Summary
In April 2007, former Governor Eliot Spitzer submitted a Program Bill entitled the “Reproductive Health and Privacy Protection Act.” This bill would establish a “fundamental right to privacy” in New York statute to guarantee that abortion is protected and available. In the words of the former Governor, the bill would “ensure that New York’s women have the same or stronger reproductive rights as those currently afforded under Roe (v Wade).” This bill is expected to be reintroduced in the 2009-2010 Legislative Session.
Conference Position
Because of the Catholic Church’s fundamental teaching that human life is sacred from the first moment of creation, the Conference strongly opposes this legislation. The Conference believes that every human life must be respected in law, including the woman facing an unplanned pregnancy and the innocent unborn child she carries in her womb.
Rationale
This bill seeks to ensure that abortions are legal throughout all nine months of pregnancy if they are deemed necessary to protect the life or “health” of the mother. Courts have interpreted the term "health" so broadly as to include social, economic and emotional distress factors, rendering the term meaningless. Current state law says abortions are legal in New York through 24 weeks of pregnancy (Article 125 Penal Law), but outlawed after that unless they are necessary to save a woman’s life. Because of flawed court decisions like Roe v. Wade, this law cannot be enforced, so abortion is already legal in New York through the third trimester of pregnancy for reasons of life or “health.” This legisaltion ignores the state's legitimate interest in protecting the life of fully formed third-trimester children in the womb.
This bill would allow post-viability abortions to be performed on an out-patient basis in clinics that go virtually unregulated by public health authorities, endangering both women and unborn children. Moreover, the bill would not allow for the type of support facilities necessary to assist a baby who might be born alive in the course of an abortion. Alarmingly, this bill could be used to eliminate conscience protection in current law by requiring every institution licensed or funded by the state – including religious hospitals, agencies and schools – to support abortion, provide coverage for abortion, or to allow abortions to be performed. The bill declares that “the state shall not discriminate” against the exercise of the fundamental right to abortion in the “provision of benefits, facilities, services or information.”
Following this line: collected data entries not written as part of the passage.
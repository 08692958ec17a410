//! The processes that a rule for a term looks at.

ghost use Rattle.std.specs.Prelude.{◌≡◌, ◌∷◌, [], IfOk, map};
ghost use Rattle.theory_syntax.specs.Operators.{binary_process, replicated_process};
ghost use Rattle.theory_syntax.specs.Process.{Script};
ghost use Rattle.theory_semantics.specs.Meaning.Events.{condition, instances};
ghost use Rattle.theory_faults.specs.Processes.{looked_at, only_one, picked};
ghost use Rattle.csp_value.specs.Value.{values_of};
ghost use Rattle.csp_expression.specs.Evaluation.{table_of};
ghost use Rattle.csp_expression.specs.Expression.{expression_of};
ghost use Rattle.csp_term.specs.Script.{script_of_parts};
ghost use Rattle.csp_term.specs.Term.{process_of};
ghost use Rattle.csp_faults.specs.Parts.{AreParts};

use crate::asked::{members, truth};
use csp_expression::{Binding, Expr};
use csp_term::{
    AllocHandle, Memory, Name, ProcessOperator, ReplicatedOperator, ScriptParts, Term, TermForm,
};
use csp_value::Value;

/// Copies of the processes that a rule for the term looks at, the left one first.
pub(crate) fn looked_at<A: AllocHandle>(
    alloc: A,
    script: &ScriptParts<A>,
    term: &Term<A>,
) -> Result<Vec<Term<A>, A>, Memory>
    ensures { AreParts result (looked_at (script_of_parts script.now) (process_of term.now)) }
{
    match term.form() {
        TermForm::Guard(condition, body) => guarded(alloc, script, condition, body),
        TermForm::If(condition, first, second) => branch(alloc, script, condition, first, second),
        TermForm::Binary(operator, left, right) => sides(alloc, *operator, left, right),
        TermForm::GeneralisedParallel(left, _, right) => both(alloc, left, right),
        TermForm::AlphabetisedParallel(left, _, _, right) => both(alloc, left, right),
        TermForm::Hiding(body, _) => alone(alloc, body),
        TermForm::Renaming(body, _) => alone(alloc, body),
        TermForm::Replicated(operator, name, set, body) => {
            replicated(alloc, script, *operator, *name, set, body)
        }
        TermForm::SlidingChoice(left, right) => both(alloc, left, right),
        TermForm::Stop => Ok(Vec::new(alloc)),
        TermForm::Skip => Ok(Vec::new(alloc)),
        TermForm::Omega => Ok(Vec::new(alloc)),
        TermForm::Call(_, _) => Ok(Vec::new(alloc)),
        TermForm::Prefix(_, _, _) => Ok(Vec::new(alloc)),
    }
}

/// The one process.
fn alone<A: AllocHandle>(alloc: A, body: &Term<A>) -> Result<Vec<Term<A>, A>, Memory>
    ensures { AreParts result (process_of body.now ∷ []) }
{
    let mut parts = Vec::new(alloc);
    parts.push(body.try_copy(alloc)?)?;
    Ok(parts)
}

/// Both processes.
fn both<A: AllocHandle>(
    alloc: A,
    left: &Term<A>,
    right: &Term<A>,
) -> Result<Vec<Term<A>, A>, Memory>
    ensures { AreParts result (process_of left.now ∷ process_of right.now ∷ []) }
{
    let mut parts = Vec::new(alloc);
    parts.push(left.try_copy(alloc)?)?;
    parts.push(right.try_copy(alloc)?)?;
    Ok(parts)
}

/// The process where the condition is true.
fn guarded<A: AllocHandle>(
    alloc: A,
    script: &ScriptParts<A>,
    test: &Expr<A>,
    body: &Term<A>,
) -> Result<Vec<Term<A>, A>, Memory>
    ensures { AreParts result (picked
        (condition (table_of script.now.types) (expression_of test.now)) (process_of body.now ∷ [])
        []) }
{
    match truth(alloc, &script.types, test)? {
        Some(true) => alone(alloc, body),
        Some(false) => Ok(Vec::new(alloc)),
        None => Ok(Vec::new(alloc)),
    }
}

/// The process that the condition picks.
fn branch<A: AllocHandle>(
    alloc: A,
    script: &ScriptParts<A>,
    test: &Expr<A>,
    first: &Term<A>,
    second: &Term<A>,
) -> Result<Vec<Term<A>, A>, Memory>
    ensures { AreParts result (picked
        (condition (table_of script.now.types) (expression_of test.now)) (process_of first.now ∷ [])
        (process_of second.now ∷ [])) }
{
    match truth(alloc, &script.types, test)? {
        Some(true) => alone(alloc, first),
        Some(false) => alone(alloc, second),
        None => Ok(Vec::new(alloc)),
    }
}

/// The sides that the operator looks at.
fn sides<A: AllocHandle>(
    alloc: A,
    operator: ProcessOperator,
    left: &Term<A>,
    right: &Term<A>,
) -> Result<Vec<Term<A>, A>, Memory>
    ensures { (script : Script) → AreParts result
        (looked_at script (binary_process operator (process_of left.now) (process_of right.now))) }
{
    match operator {
        ProcessOperator::ExternalChoice => both(alloc, left, right),
        ProcessOperator::InternalChoice => Ok(Vec::new(alloc)),
        ProcessOperator::Sequential => alone(alloc, left),
        ProcessOperator::Interleaving => both(alloc, left, right),
        ProcessOperator::Interrupt => both(alloc, left, right),
    }
}

/// The instances of a replicated operator: of an internal choice the one, if there is one alone.
fn replicated<A: AllocHandle>(
    alloc: A,
    script: &ScriptParts<A>,
    operator: ReplicatedOperator,
    name: Name,
    set: &Expr<A>,
    body: &Term<A>,
) -> Result<Vec<Term<A>, A>, Memory>
    ensures { AreParts result (looked_at (script_of_parts script.now)
        (replicated_process operator name.0 (expression_of set.now) (process_of body.now))) }
{
    let values = members(alloc, &script.types, set)?;
    match operator {
        ReplicatedOperator::ExternalChoice => instances(alloc, name, body, &values),
        ReplicatedOperator::InternalChoice => only_one(alloc, name, body, &values),
        ReplicatedOperator::Interleaving => instances(alloc, name, body, &values),
    }
}

/// The instance of the value, if there is one alone.
fn only_one<A: AllocHandle>(
    alloc: A,
    name: Name,
    body: &Term<A>,
    values: &[Value<A>],
) -> Result<Vec<Term<A>, A>, Memory>
    ensures { AreParts result (only_one
        (instances name.0 (process_of body.now) (values_of values.now))) }
{
    if values.len() == 1 {
        instances(alloc, name, body, values)
    } else {
        Ok(Vec::new(alloc))
    }
}

/// The body with each of the values put in for the name.
fn instances<A: AllocHandle>(
    alloc: A,
    name: Name,
    body: &Term<A>,
    values: &[Value<A>],
) -> Result<Vec<Term<A>, A>, Memory>
    ensures { AreParts result (instances name.0 (process_of body.now) (values_of values.now)) }
{
    let mut parts = Vec::new(alloc);
    for value in values {
        let bindings = [Binding { name, value }];
        parts.push(body.put_in(alloc, &bindings)?)?;
    }
    Ok(parts)
}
The bill could undermine successful programs such as the Prenatal Care Assistance Program which, because they “favor childbirth over abortion,” could be ruled “discriminatory” against the fundamental right to abortion.
The bill seeks to make abortion virtually immune from any state regulation or restriction. Reasonable regulations such as parental notification for abortions performed on minor children, informed consent for pregnant women regarding the risks and alternatives to the procedure, and restrictions on taxpayer funding would not be permissible under the bill. Yet all such regulations are completely permissible under Roe v Wade and subsequent U.S. Supreme Court decisions, and a majority of states have enacted them. Thirty-five states require parental involvement in a child’s abortion decision, 32 states require counseling before an abortion is performed, and 32 states restrict Medicaid funding of abortion. The bill would completely shut down the legislative process with regard to the issue of abortion.
The bill would repeal the requirement in current law that says only doctors can perform abortions. The bill would allow any health care practitioner to perform the procedure. This dangerous and extreme change clearly puts women's health at risk, and mirrors a national abortion strategy to expand the scope of practice for various health care practitioners to specifically include abortion.
The bill seeks to suppress all efforts to enact an “Unborn Victims of Violence Act” by refusing to recognize the unborn child as a second victim of the crime in cases of assault against pregnant women. The bill would specifically label such crimes as causing “serious physical injury to the woman,” refusing even to acknowledge the unborn, viewing him only as an appendage of his mother’s body. Moreover, the crime of “serious physical injury to the woman” would only apply if the child died as a result of the incident -- with no criminal penalty applied if an attacker caused serious but non-fatal injuries to the child.
For all of these reasons, the New York State Catholic Conference strongly opposes this measure. It is unnecessary, ideologically-driven, and extremely dangerous for women, children and religious liberty.